Le rôle de la phronesis : sagesse pratique
C’est là que la phronesis (sagesse pratique) devient essentielle. Aristote reconnaissait que la vie morale ne saurait se résumer à des règles rigides. Il nous faut la capacité d’évaluer les situations concrètes : comprendre le contexte, considérer les conséquences, décrypter les émotions et choisir des actions conformes à l’idéal d’une vie réussie.
Sans phronesis, une personne peut paraître bonne tout en ayant tort : par exemple, apporter son aide sans en comprendre les conséquences, ou dire la vérité sans réfléchir au moment et à la manière de la dire, blessant ainsi inutilement autrui. Le bonheur, selon Aristote, est le fruit d’un bon caractère et d’une intelligence pratique mûre.
Le bonheur requiert une vie pleine et une communauté.
Aristote soulignait que l'eudémonie est un état qui se mesure tout au long de la vie, et non à des moments précis. On ne peut considérer une personne comme heureuse simplement parce qu'elle réussit aujourd'hui, car la vie est faite de changements. Cela ne signifie pas que le bonheur est impossible, mais plutôt qu'il s'agit d'un accomplissement global, qui se reflète dans le sens donné à sa vie et dans la stabilité de son caractère.
De plus, Aristote considérait l'être humain comme un être social (zoon politikon). Nous avons besoin d'autrui pour développer la vertu : famille, amitié, éducation et vie civique. Par conséquent, le bonheur ne peut être entièrement individualiste. Il accordait également une grande importance à l'amitié (philia) comme élément essentiel d'une vie réussie : les amitiés profondes nous aident à grandir, à nous corriger mutuellement et à partager le sens de la vie.
Facteurs externes : la chance joue encore un rôle.
Bien que le bonheur soit avant tout une question de vertu, Aristote n'ignorait pas l'influence des conditions extérieures. La santé, la sécurité, le bien-être économique et les circonstances socio-politiques peuvent favoriser ou entraver une vie réussie. Même les personnes d'une moralité irréprochable peuvent souffrir énormément à la suite d'une catastrophe ou d'une oppression. Cependant, le rôle des facteurs extérieurs ne remet pas en cause l'essence de sa théorie : le bonheur est avant tout ancré dans la manière dont nous vivons et façonnons notre caractère, et non dans des plaisirs passagers.

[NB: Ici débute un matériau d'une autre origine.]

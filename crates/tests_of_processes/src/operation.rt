// `Operation`, an enum: one operation in a story (test case): sbrk, mmap, munmap, the service of a fault, a user access,
// write-back, or a read of a file. `Row`: an operation and the reply that it must get.

use process_model::ScalarReply;
use sv39_entry::Access;

/// One operation of a process, or of the kernel for it. Lengths and widths are in bytes.
#[derive(Clone, Copy)]
pub(crate) enum Operation {
    /// sbrk by this number of bytes; a negative one shrinks the heap.
    Grow(i64),
    /// mmap: the length, the protection, the flags and the number of the file.
    Map(u64, u64, u64, usize),
    /// munmap: the address and the length.
    Unmap(u64, u64),
    /// The service of a fault, by this access to the byte at an address.
    Serve(Access, u64),
    /// A user access: the address, the width and, for a store, the value, whose lowest byte is stored first.
    Touch(Access, u64, u64, u64),
    /// Write-back of all mappings; their pages stay.
    WriteBack,
    /// A read of eight bytes of a file, beside the process: the file's number and the offset.
    Look(usize, usize),
}

/// An operation, and the reply that it must get.
pub(crate) type Row = (Operation, ScalarReply);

Contemplation et vie idéale
À la fin de l'Éthique à Nicomaque, Aristote affirme que la forme la plus élevée du bonheur (eudémonie) est la vie contemplative (theoria), c'est-à-dire l'activité de penser et de comprendre profondément la vérité. Cela correspond aux plus hautes vertus intellectuelles. Cependant, il ne néglige pas les vertus morales ; la vie sociale et l'action éthique demeurent importantes. De nombreux lecteurs en concluent qu'Aristote propose un continuum : la vie bonne comprend l'action morale, l'amitié, l'engagement social et, à son plus haut niveau, l'activité intellectuelle qui enrichit l'âme.
Pertinence pour la vie moderne
La théorie du bonheur d'Aristote demeure pertinente car elle déplace l'attention de « ce que je reçois » à « la personne que je deviens ». Dans un monde trépidant, le bonheur est souvent perçu comme un objectif à atteindre : des vacances, un nouvel achat ou une réussite particulière. Aristote nous rappelle que le bonheur s'apparente davantage à une quête de toute une vie : cultiver de bonnes habitudes, maîtriser ses émotions, faire preuve de raison pour prendre les bonnes décisions et vivre pleinement sa vie avec autrui.
En définitive, selon Aristote, le bonheur n'est pas un don instantané, mais le fruit d'une vie vertueuse. L'eudémonie est un état où l'on trouve non seulement la vie agréable, mais où l'on vit véritablement bien, en harmonie avec la nature humaine d'être rationnel, moral et social. Ainsi, le bonheur n'est plus simplement recherché, mais créé par des choix quotidiens et constants.